Vilius Armalas

Personal information
- Date of birth: 21 July 2000 (age 26)
- Place of birth: Kaunas, Lithuania
- Height: 1.91 m (6 ft 3 in)
- Position: Defender

Team information
- Current team: MTK Budapest
- Number: 26

Youth career
- Stumbras

Senior career*
- Years: Team / Apps / (Gls)
- 2016–2018: Stumbras / 8 / (0)
- 2019–2021: Benfica / 0 / (0)
- 2021: → Hegelmann (loan) / 32 / (2)
- 2022: Kavala / 18 / (1)
- 2022–2025: Hegelmann / 93 / (8)
- 2025–: MTK Budapest / 17 / (0)

International career^{‡}
- 2023–: Lithuania / 12 / (0)

= Vilius Armalas =

Lithuanian footballer (born 2000)

Vilius Armalas (born 21 July 2000) is a Lithuanian professional footballer who plays as a defender for Hungarian Nemzeti Bajnokság I club MTK Budapest.

==Career==
Before the second half of 2018–19, Armalas signed for Portuguese top flight side Benfica.

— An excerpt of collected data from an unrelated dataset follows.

//! Types, opcodes and flags.

ghost use Rattle.std.specs.Prelude.{◌≡◌, false};

/// The type of a value. A pointer is an `Int64`.
#[derive(Clone, Copy, Debug, PartialEq, Eq)]
pub enum Ty {
    Void,
    Int32,
    Int64,
}

/// What a value computes or does.
#[derive(Clone, Copy, Debug, PartialEq, Eq)]
pub enum Opcode {
    Nop,
    Identity,
    Const32,
    Const64,
    ArgumentReg,
    FramePointer,
    SlotBase,
    Add,
    Sub,
    Mul,
    BitAnd,
    BitOr,
    BitXor,
    Neg,
    Div,
    Mod,
    UDiv,
    UMod,
    Shl,
    SShr,
    ZShr,
    RotL,
    RotR,
    Clz,
    SExt8,
    SExt16,
    SExt32,
    ZExt32,
    Trunc,
    Equal,
    NotEqual,
    LessThan,
    GreaterThan,
    LessEqual,
    GreaterEqual,
    Above,
    Below,
    AboveEqual,
    BelowEqual,
    Select,
    Load8Z,
    Load8S,
    Load16Z,
    Load16S,
    Load,
    Store8,
    Store16,
    Store,
    CCall,
    Patchpoint,
    Check,
    CheckAdd,
    CheckSub,
    CheckMul,
    Upsilon,
    Phi,
    Jump,
    Oops,
    Branch,
    Switch,
    Return,
}

/// An opcode with its flags: `chill` of Div and Mod, `traps` of loads and stores.
#[derive(Clone, Copy, Debug, PartialEq, Eq)]
pub struct Kind {
    pub opcode: Opcode,
    pub chill: bool,
    pub traps: bool,
}

impl Kind {
    /// The opcode without flags.
    pub fn plain(opcode: Opcode) -> Kind
        ensures { result ≡ record { opcode = opcode; chill = false; traps = false } }
    {
        Kind {
            opcode,
            chill: false,
            traps: false,
        }
    }
}
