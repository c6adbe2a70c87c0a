ghost use Rattle.std.specs.Prelude.{◌≡◌, ◌<◌, ◌^◌, Some, if◌then◌else◌, false, true};
ghost use Rattle.mw_isa.specs.Storage.{IsSized, access_targets, block_of, finding, is_exclusive, is_reserved, raises_alignment, regs_behind, reserve_behind, success_field, update_targets};
ghost use Rattle.mw_isa.specs.Slots.{set_slot, set_targets};
ghost use Rattle.mw_isa.specs.declared.slot.Slot.TheVariants.{CrField};

use crate::address::block_of;
use mw_isa::{MemOp, MemWhat, Regs, Slot, Stretches, set_slot, xer_bits};

/// Whether a reservation stands for the block of an access (Book II, reservations). It can't fail.
pub fn is_reserved(at: &Stretches, reserve: Option<u32>) -> bool
    ensures { result ≡ is_reserved at.now reserve }
{
    match reserve {
        None => false,
        Some(block) => u64::from(block) == block_of(at),
    }
}

/// Puts the effective address into RA, where the access updates it.
fn update(op: &MemOp, regs: &mut Regs)
    ensures { regs.new ≡ set_targets (update_targets op.now op.now.update) regs.old }
{
    if let Some(number) = op.update {
        set_slot(regs, Slot::Gpr(number), op.ea);
    }
}

/// CR field 0 of a store-conditional.
fn success_field(success: bool, xer: u64) -> u64
    ensures { result ≡ success_field success xer }
{
    let stored = if success { 2 } else { 0 };
    stored + u64::from(xer_bits(xer).so)
}

/// Writes the registers that an access writes.
fn write_registers(op: &MemOp, number: u64, reserved: bool, regs: &mut Regs)
    ensures { regs.new ≡ set_targets (access_targets op.now.what op.now number reserved regs.old.xer) regs.old }
{
    match op.what {
        MemWhat::Load { .. } => {
            set_slot(regs, Slot::Gpr(op.to), number);
            update(op, regs);
        }
        MemWhat::Store { .. } => update(op, regs),
        MemWhat::Conditional { .. } => {
            let field = success_field(reserved, regs.xer);
            set_slot(regs, Slot::CrField(0), field);
        }
        MemWhat::Zero => {}
        MemWhat::Clean => {}
        MemWhat::Icbi => {}
    }
}

/// The reservation behind an access.
fn reserve_behind(what: MemWhat, at: &Stretches, before: Option<u32>) -> Option<u32>
    requires { is_exclusive what ≡ true → block_of at.now < 2 ^ 32 }
    ensures { result ≡ reserve_behind what at.now before }
{
    match what {
        MemWhat::Load { reserve, .. } => {
            if reserve {
                Some(block_of(at) as u32)
            } else {
                before
            }
        }
        MemWhat::Conditional { .. } => None,
        MemWhat::Store { .. } => before,
        MemWhat::Zero => before,
        MemWhat::Clean => before,
        MemWhat::Icbi => before,
    }
}

/// What an access to these stretches makes of the registers: RT of a load, given the number that it loads,
/// RA with update, CR field 0 of a store-conditional, given whether its block is reserved, and the
/// reservation (Book I, fixed-point storage access; Book II, atomic update). The access raises no alignment
/// interrupt. It can't fail.
pub fn regs_behind(op: &MemOp, at: &Stretches, number: u64, reserved: bool, regs: &mut Regs)
    requires sized { IsSized op.now }
    requires calm { raises_alignment op.now at.now ≡ false }
    ensures { regs.new ≡ regs_behind op.now.what op.now at.now (finding number reserved) regs.old }
{
    let before = regs.reserve;
    write_registers(op, number, reserved, regs);
    regs.reserve = reserve_behind(op.what, at, before);
}
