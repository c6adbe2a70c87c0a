ghost use Rattle.std.specs.Prelude.{◌≡◌, ◌%◌, ◌^◌, ◌<◌, ◌≤◌, IfSome, length, take, true};
ghost use Rattle.mw_isa.specs.Pages.{MeetAtPage, is_in_ram, size_of};
ghost use Rattle.mw_isa.specs.Storage.{IsSized, store_bytes, stored_bytes, stores};
ghost use Rattle.mw_loadstore.specs.Pieces.{IsInBlock, pieces_in};

use mw_bus::number_bytes;
use mw_isa::{MemOp, MemWhat, Stretch, Stretches};

/// The low bytes of a number.
fn low_bytes(value: u64, len: u8) -> u64
    requires some { 1 ≤ len }
    requires few { len ≤ 8 }
    ensures { result ≡ value % 256 ^ len }
{
    match len {
        1 => value % 0x100,
        2 => value % 0x1_0000,
        3 => value % 0x100_0000,
        4 => value % 0x1_0000_0000,
        5 => value % 0x100_0000_0000,
        6 => value % 0x1_0000_0000_0000,
        7 => value % 0x100_0000_0000_0000,
        _ => value,
    }
}

/// The low bytes of the register that is stored, with zeros behind them.
fn store_bytes(reversed: bool, op: &MemOp) -> [u8; 8]
    requires some { 1 ≤ op.now.len }
    requires few { op.now.len ≤ 8 }
    ensures bytes { take op.now.len result ≡ store_bytes reversed op.now }
    ensures len { length result ≡ 8 }
{
    number_bytes(reversed, usize::from(op.len), low_bytes(op.value, op.len))
}

/// Eight bytes with zeros behind them.
fn widened(bytes: &[u8; 8]) -> [u8; 64]
    ensures { take 8 result ≡ bytes.now }
{
    let mut wide = [0; 64];
    let (front, _) = wide.split_at_mut(8);
    front.copy_from_slice(bytes);
    wide
}

/// The bytes that an access stores, in the order of storage, which stand in front: the low bytes of the
/// register in the access's own byte order, or 64 zeros (Book I, fixed-point store instructions; Book II,
/// dcbz). Of an access that stores nothing they say nothing. It can't fail.
pub fn stored_bytes(op: &MemOp) -> [u8; 64]
    requires { IsSized op.now }
    ensures { stores op.now.what true ≡ true → take op.now.len result ≡ stored_bytes op.now.what op.now }
{
    match op.what {
        MemWhat::Store { reversed } => widened(&store_bytes(reversed, op)),
        MemWhat::Conditional { reversed } => widened(&store_bytes(reversed, op)),
        MemWhat::Zero => [0; 64],
        MemWhat::Load { .. } => [0; 64],
        MemWhat::Clean => [0; 64],
        MemWhat::Icbi => [0; 64],
    }
}

/// Whether an access stores its bytes: a store-conditional where its block is reserved. It can't fail.
pub fn stores(what: MemWhat, reserved: bool) -> bool
    ensures { result ≡ stores what reserved }
{
    match what {
        MemWhat::Store { .. } => true,
        MemWhat::Conditional { .. } => reserved,
        MemWhat::Zero => true,
        MemWhat::Load { .. } => false,
        MemWhat::Clean => false,
        MemWhat::Icbi => false,
    }
}

/// Stretches of RAM cut where a block of 64 bytes ends: at most two pieces, in order, each in one block. It
/// can't fail.
#[tactic(auto, unfolding(crate::specs::Pieces::pieces_in))]
pub fn pieces_in(at: &Stretches) -> Stretches
    requires few { size_of at.now ≤ 64 }
    requires in_ram { is_in_ram at.now ≡ true }
    requires pagewise { IfSome at.now.second (MeetAtPage at.now.first) }
    ensures value { result ≡ pieces_in at.now }
    ensures size { size_of result ≡ size_of at.now }
    ensures real { result.first.at < 2 ^ 60 }
    ensures other { IfSome result.second (λ second. second.at < 2 ^ 60) }
    ensures first { IsInBlock result.first }
    ensures second { IfSome result.second IsInBlock }
{
    if at.second.is_some() {
        return *at;
    }
    let room = 64 - at.first.at % 64;
    if u64::from(at.first.len) <= room {
        return *at;
    }
    let front = room as u8;
    Stretches {
        first: Stretch {
            at: at.first.at,
            len: front,
        },
        second: Some(Stretch {
            at: at.first.at + room,
            len: at.first.len - front,
        }),
    }
}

Before the 2021 season, he was sent on loan to Hegelmann in Lithuania. Before the second half of 2021–22, he signed for Greek club Kavala. On 26 January 2022, Armalas debuted for Kavala during a 1–0 win over Trikala.

===MTK Budapest===
On 21 December 2025 Armalas signed for Hungarian Nemzeti Bajnokság I club MTK Budapest.